Reports and checkpoints:
- Checkpoints are stored under `downloads/state/` by default (derived from `--doi-file` name).
- Successes report: `downloads/state/<name>_successes.txt` (tab-separated DOI and saved path).
- Failures report: `downloads/state/<name>_failures.txt` (tab-separated DOI and error or NO_OUTPUT).

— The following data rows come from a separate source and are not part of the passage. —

//! Lists the paths that each protection changes in systemd 252 and 257 (systemd.exec(5), Sandboxing).
ghost use Rattle.std.specs.Prelude.{◌≡◌, ◌++◌, [], ◌&&◌, ◌||◌, map, filter, flat_map, OnOk};
ghost use Rattle.std.specs.List.{cons_option};
ghost use Rattle.mount_settings.specs.systemd.Mentions.{stands};
ghost use Rattle.mount_settings.specs.systemd.Rows.{is_newer, reads_files, is_full, is_strict, hides_homes, reads_homes, empties_homes, has_api, has_own_sysfs, disconnects_tmp, rows_on, table, entry_at, asks_for, by_row, by_lent};

use crate::effects::has_row;
use crate::protections::{HomeProtection, Protections, Switches, SystemProtection};
use crate::systemd::keys::FurtherKeys;
use dropin_merge::Version;
use path_settings::read_setting_path;
use path_settings::systemd::{MountEntry, MountMode};
use site_table::SiteTable;
use std::alloc::{AllocError, Global};

const FILES: &[&str] = &["/usr", "/boot", "/efi"];

const MERGED: &[&str] = &["/lib", "/lib64", "/bin", "/sbin"];

const CONFIGURATION: &[&str] = &["/etc"];

const ROOT: &[&str] = &["/"];

const LEFT_BY_STRICT: &[&str] = &["/proc", "/sys", "/dev", "/home", "/run/user", "/root"];

const HOMES: &[&str] = &["/home", "/run/user", "/root"];

const TEMPORARY: &[&str] = &["/tmp", "/var/tmp"];

const DEVICES: &[&str] = &["/dev"];

const DEVICES_LEFT: &[&str] = &[
    "/dev/null",
    "/dev/zero",
    "/dev/full",
    "/dev/random",
    "/dev/urandom",
    "/dev/tty",
    "/dev/ptmx",
    "/dev/pts",
    "/dev/shm",
    "/dev/mqueue",
    "/dev/hugepages",
];

const VARIABLES: &[&str] = &[
    "/proc/acpi",
    "/proc/apm",
    "/proc/asound",
    "/proc/bus",
    "/proc/fs",
    "/proc/irq",
    "/proc/latency_stats",
    "/proc/mtrr",
    "/proc/scsi",
    "/proc/sys",
    "/proc/sysrq-trigger",
    "/proc/timer_stats",
];

const MEMORY: &[&str] = &["/proc/kallsyms", "/proc/kcore"];

const KERNEL_OBJECTS: &[&str] = &[
    "/sys",
    "/sys/fs/bpf",
    "/sys/kernel/debug",
    "/sys/kernel/tracing",
];

const LEFT_BY_TUNABLES: &[&str] = &["/sys/fs/cgroup", "/sys/fs/selinux"];

const MODULES: &[&str] = &["/usr/lib/modules"];

const MERGED_MODULES: &[&str] = &["/lib/modules"];

const LOGS: &[&str] = &["/proc/kmsg", "/dev/kmsg"];

const GROUPS: &[&str] = &["/sys/fs/cgroup"];

const PROCESSES: &[&str] = &["/proc"];

const RUN: &[&str] = &["/run"];

const SYSFS: &[&str] = &["/sys"];

const HOSTNAME: &[&str] = &["/proc/sys/kernel/hostname", "/proc/sys/kernel/domainname"];

const CREDENTIALS: &[&str] = &["/run/credentials"];

/// Returns whether the version is 257.
pub(crate) fn is_newer(version: Version) -> bool
    ensures { result ≡ is_newer version }
{
    matches!(version, Version::V257)
}

fn reads_files(system: SystemProtection) -> bool
    ensures { result ≡ reads_files system }
{
    matches!(system, SystemProtection::Yes | SystemProtection::Full)
}

fn is_full(system: SystemProtection) -> bool
    ensures { result ≡ is_full system }
{
    matches!(system, SystemProtection::Full)
}

fn is_strict(system: SystemProtection) -> bool
    ensures { result ≡ is_strict system }
{
    matches!(system, SystemProtection::Strict)
}

fn hides_homes(home: HomeProtection) -> bool
    ensures { result ≡ hides_homes home }
{
    matches!(home, HomeProtection::Yes)
}

fn reads_homes(home: HomeProtection) -> bool
    ensures { result ≡ reads_homes home }
{
    matches!(home, HomeProtection::ReadOnly)
}

fn empties_homes(home: HomeProtection) -> bool
    ensures { result ≡ empties_homes home }
{
    matches!(home, HomeProtection::Tmpfs)
}

// Returns whether the service has its own mounts of the kernel's file systems and of /run.
fn has_api(version: Version, protections: Protections, keys: FurtherKeys) -> bool
    ensures { result ≡ has_api version protections keys }
{
    protections.protect_control_groups
        || protections.protect_kernel_tunables
        || keys.protect_proc
        || keys.proc_subset
        || keys.mount_api_vfs
        || is_newer(version) && keys.private_pids
}

// Returns whether the service has its own mount of /sys, which shows its own network.
fn has_own_sysfs(version: Version, keys: FurtherKeys) -> bool
    ensures { result ≡ has_own_sysfs version keys }
{
    is_newer(version) && keys.own_network
}

// Returns whether the folders for temporary files are on a file system of their own.
fn disconnects_tmp(version: Version, keys: FurtherKeys) -> bool
    ensures { result ≡ disconnects_tmp version keys }
{
    is_newer(version) && !keys.own_tmp.is_plain()
}

// Says which rows of the table are on.
#[derive(Clone, Copy)]
pub(crate) struct RowsOn {
    files: bool,
    merged: bool,
    configuration: bool,
    all: bool,
    homes_hidden: bool,
    homes_read: bool,
    homes_fresh: bool,
    homes_empty: bool,
    temporary: bool,
    disconnected: bool,
    devices: bool,
    tunables: bool,
    modules: bool,
    merged_modules: bool,
    logs: bool,
    groups_read: bool,
    groups_left: bool,
    api: bool,
    is_left: bool,
    sysfs: bool,
    hostname: bool,
    credentials: bool,
}

fn both(one: bool, other: bool) -> bool
    ensures { result ≡ one && other }
{
    one && other
}

// Returns which rows are on.
fn rows_on(
    version: Version,
    switches: Switches,
    protections: Protections,
    keys: FurtherKeys,
) -> RowsOn
    ensures { result ≡ rows_on version switches protections keys }
{
    let is_older = !is_newer(version);
    let system = protections.protect_system;
    let home = protections.protect_home;
    let tunables = protections.protect_kernel_tunables;
    let modules = switches.protect_kernel_modules;
    let frees_groups = keys.control_groups.is_private();
    let apart = disconnects_tmp(version, keys);
    RowsOn {
        files: reads_files(system),
        merged: both(is_older, reads_files(system)),
        configuration: is_full(system),
        all: is_strict(system),
        homes_hidden: hides_homes(home),
        homes_read: reads_homes(home),
        homes_fresh: both(is_older, empties_homes(home)),
        homes_empty: both(is_newer(version), empties_homes(home)),
        temporary: both(protections.private_tmp, !apart),
        disconnected: both(protections.private_tmp, apart),
        devices: switches.private_devices,
        tunables,
        modules,
        merged_modules: both(is_older, modules),
        logs: switches.protect_kernel_logs,
        groups_read: both(protections.protect_control_groups, !frees_groups),
        groups_left: frees_groups,
        api: has_api(version, protections, keys),
        is_left: is_newer(version),
        sysfs: has_own_sysfs(version, keys),
        hostname: keys.protect_hostname,
        credentials: !keys.credentials,
    }
}

// Adds the entry of a mode at a path, if the text is a path and the site has a row for it.
fn bring_one(
    alloc: Global,
    site: &SiteTable,
    mode: &MountMode,
    text: &str,
    entries: &mut Vec<MountEntry>,
) -> Result<(), AllocError>
    ensures { OnOk result (entries.new.items ≡ entries.old.items ++ filter (stands site.now) (cons_option (entry_at mode.now text.now) [])) }
{
    let Some(path) = read_setting_path(alloc, text)? else {
        return Ok(());
    };
    if has_row(site, &path) {
        let mode = mode.copy(alloc)?;
        entries.push(MountEntry {
            path,
            mode,
            optional: true,
        })?;
    }
    Ok(())
}

// Adds the entries of a mode at these paths, if the site has rows for them.
fn bring(
    alloc: Global,
    site: &SiteTable,
    mode: &MountMode,
    texts: &[&str],
    entries: &mut Vec<MountEntry>,
) -> Result<(), AllocError>
    ensures { OnOk result (entries.new.items ≡ entries.old.items ++ filter (stands site.now) (asks_for mode.now (map (λ text. text.now) texts.now))) }
{
    for text in texts {
        bring_one(alloc, site, mode, text, entries)?;
    }
    Ok(())
}

// Adds the entries of each row that is on.
fn bring_each(
    alloc: Global,
    site: &SiteTable,
    rows: &[(bool, MountMode, &[&str])],
    entries: &mut Vec<MountEntry>,
) -> Result<(), AllocError>
    ensures { OnOk result (entries.new.items ≡ entries.old.items ++ filter (stands site.now) (flat_map by_lent rows.now)) }
{
    for row in rows {
        if row.0 {
            bring(alloc, site, &row.1, row.2, entries)?;
        }
    }
    Ok(())
}

// Adds the entries of the rows that are on.
fn bring_rows(
    alloc: Global,
    site: &SiteTable,
    on: RowsOn,
    entries: &mut Vec<MountEntry>,
) -> Result<(), AllocError>
    ensures { OnOk result (entries.new.items ≡ entries.old.items ++ filter (stands site.now) (flat_map by_row (table on))) }
{
    let is_left = on.is_left;
    let rows = [
        (on.files, MountMode::ReadOnly, FILES),
        (on.merged, MountMode::ReadOnly, MERGED),
        (on.configuration, MountMode::ReadOnly, CONFIGURATION),
        (on.all, MountMode::ReadOnly, ROOT),
        (on.all, MountMode::ReadWriteImplicit, LEFT_BY_STRICT),
        (on.homes_hidden, MountMode::Hidden, HOMES),
        (on.homes_read, MountMode::ReadOnly, HOMES),
        (
            on.homes_fresh,
            MountMode::Tmpfs {
                read_only: false,
                no_exec: false,
                no_suid: false,
            },
            HOMES,
        ),
        (
            on.homes_empty,
            MountMode::Tmpfs {
                read_only: true,
                no_exec: false,
                no_suid: false,
            },
            HOMES,
        ),
        (on.temporary, MountMode::PrivateTmp, TEMPORARY),
        (on.disconnected, MountMode::DisconnectedTmp, TEMPORARY),
        (on.devices, MountMode::PrivateDevices, DEVICES),
        (on.devices, MountMode::Node, DEVICES_LEFT),
        (on.tunables, MountMode::ReadOnly, VARIABLES),
        (on.tunables, MountMode::Hidden, MEMORY),
        (on.tunables, MountMode::ReadOnly, KERNEL_OBJECTS),
        (on.tunables, MountMode::ReadWriteImplicit, LEFT_BY_TUNABLES),
        (on.modules, MountMode::Hidden, MODULES),
        (on.merged_modules, MountMode::Hidden, MERGED_MODULES),
        (on.logs, MountMode::Hidden, LOGS),
        (on.groups_read, MountMode::ReadOnly, GROUPS),
        (on.groups_left, MountMode::ReadWriteImplicit, GROUPS),
        (on.api, MountMode::Procfs, PROCESSES),
        (on.api, MountMode::Devices { is_left }, DEVICES),
        (on.api, MountMode::Sysfs { is_left }, SYSFS),
        (on.api, MountMode::Run { is_left }, RUN),
        (on.sysfs, MountMode::PrivateSysfs, SYSFS),
        (on.hostname, MountMode::ReadOnly, HOSTNAME),
        (on.credentials, MountMode::Hidden, CREDENTIALS),
    ];
    bring_each(alloc, site, &rows, entries)
}

/// Adds the entries of the protections of a unit.
pub(crate) fn bring_table(
    alloc: Global,
    site: &SiteTable,
    version: Version,
    switches: Switches,
    protections: Protections,
    keys: FurtherKeys,
    entries: &mut Vec<MountEntry>,
) -> Result<(), AllocError>
    ensures { OnOk result (entries.new.items ≡ entries.old.items ++ filter (stands site.now) (flat_map by_row (table (rows_on version switches protections keys)))) }
{
    let on = rows_on(version, switches, protections, keys);
    bring_rows(alloc, site, on, entries)
}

- Dry-run does not write checkpoints or reports.

## Behavior Notes
- The scripts automatically read `.env`. Missing providers are skipped gracefully.
- When publisher/Crossref/OpenAlex cannot serve a PDF, Unpaywall OA fallback is attempted if `UNPAYWALL_EMAIL` is set.
- Springer only returns open-access items; paywalled content still requires manual access.
- After downloading a PDF, a DOI landing page scan looks for supplementary links and saves PDF-only assets.
- Throttling ensures compliance with typical TDM limits (min `1.0s/file`).

## Troubleshooting
- 403/429 responses usually indicate rate limits or missing safelisting; use request delays and ensure credentials.
- Check logs for the exact URL that failed when extending to new publishers.